Intermezzo: HashingVectorizer

Another vectorizer used sometimes for text classification is a HashingVectorizer. HashingVectorizers require less memory and are faster (because they are sparse and use hashes rather than tokens) but are more difficult to introspect. You can read a bit more about the pros and cons of using HashingVectorizer in the scikit-learn documentation if you are interested.

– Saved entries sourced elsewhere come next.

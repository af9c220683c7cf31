//! Labels that are gathered after other labels.
ghost use Rattle.std.specs.Prelude.{◌≡◌, ◌⊎◌, ◌++◌, None, MatchResult};
ghost use Rattle.fm_labels.specs.Labels.{LabelsValid, LabelsFault, all_written};
ghost use Rattle.fm_labels.specs.Refusals.{OwnRefusal};

use crate::label::{LabelSetEncoder, gathering};
use crate::label_set::EncodeLabelSet;
use fm_grammar::MetricType;
use fm_raw::EncodeError;
use fm_text::LabelText;
use std::alloc::Global;

// Adds the labels that a label set emits, after those that the encoder has.
pub(crate) fn gather_labels<LS: EncodeLabelSet>(
    encoder: &mut LabelSetEncoder,
    labels: &LS,
) -> Result<(), EncodeError>
    requires accepting { encoder.old.refused ≡ None }
    ensures same_type { encoder.new.metric_type ≡ encoder.old.metric_type }
    ensures gathered { MatchResult result
        (λ _. LabelsValid encoder.old.metric_type encoder.old.labels (LS.labels labels.now)
        × (encoder.new.labels ≡ encoder.old.labels ++ all_written (LS.labels labels.now)))
        (λ k. OwnRefusal (LS.may_fault labels.now) k
        ⊎ LabelsFault k encoder.old.metric_type encoder.old.labels (LS.labels labels.now)) }
{
    if labels.is_empty() {
        return Ok(());
    }
    let visited = labels.encode(encoder);
    gathering::outcome(encoder, visited)
}

/// The labels that a label set emits, which come after these labels in a family of this type. Its errors are those of the labels,
/// and one of the label set's own is `Memory` or `MetricFault`. Fails with `Memory` if memory runs out.
pub fn gather_labels_after<LS: EncodeLabelSet>(
    alloc: Global,
    metric_type: MetricType,
    before: &LabelText,
    labels: &LS,
) -> Result<LabelText, EncodeError>
    ensures { MatchResult result
        (λ own. LabelsValid metric_type before.now.labels (LS.labels labels.now)
        × (own.labels ≡ all_written (LS.labels labels.now)))
        (λ k. OwnRefusal (LS.may_fault labels.now) k
        ⊎ LabelsFault k metric_type before.now.labels (LS.labels labels.now)) }
{
    let mut all = gathering::new(alloc, metric_type);
    gathering::restart(&mut all, before)?;
    gather_labels(&mut all, labels)?;
    Ok(gathering::text(&all).suffix(alloc, before.len())?)
}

You can give it a try and compare its results versus the other vectorizers. It performs fairly well, with better results than the TF-IDF vectorizer using MultinomialNB (this is somewhat expected due to the same reasons CountVectorizers perform better), but not as well as the TF-IDF vectorizer with Passive Aggressive linear algorithm.

In [35]:
hash_vectorizer = HashingVectorizer(stop_words='english', non_negative=True)
hash_train = hash_vectorizer.fit_transform(X_train)
hash_test = hash_vectorizer.transform(X_test)
In [36]:
clf = MultinomialNB(alpha=.01)
In [37]:
clf.fit(hash_train, y_train)
pred = clf.predict(hash_test)
score = metrics.accuracy_score(y_test, pred)
print("accuracy:   %0.3f" % score)
cm = metrics.confusion_matrix(y_test, pred, labels=['FAKE', 'REAL'])
plot_confusion_matrix(cm, classes=['FAKE', 'REAL'])
accuracy:   0.902
Confusion matrix, without normalization
In [38]:
clf = PassiveAggressiveClassifier(n_iter=50)
In [39]:
clf.fit(hash_train, y_train)
pred = clf.predict(hash_test)
score = metrics.accuracy_score(y_test, pred)
print("accuracy:   %0.3f" % score)
cm = metrics.confusion_matrix(y_test, pred, labels=['FAKE', 'REAL'])
plot_confusion_matrix(cm, classes=['FAKE', 'REAL'])
accuracy:   0.921
Confusion matrix, without normalization


So was your fake news classifier experiment a success? Definitely not.

But you did get to play around with a new dataset, test out some NLP classification models and introspect how successful they were? Yes.

As expected from the outset, defining fake news with simple bag-of-words or TF-IDF vectors is an oversimplified approach. Especially with a multilingual dataset full of noisy tokens. If you hadn't taken a look at what your model had actually learned, you might have thought the model learned something meaningful. So, remember: always introspect your models (as best you can!).

I would be curious if you find other trends in the data I might have missed. I will be following up with a post on how different classifiers compare in terms of important features on my blog. If you spend some time researching and find anything interesting, feel free to share your findings and notes in the comments or you can always reach out on Twitter (I'm @kjam).

I hope you had some fun exploring a new NLP dataset with me!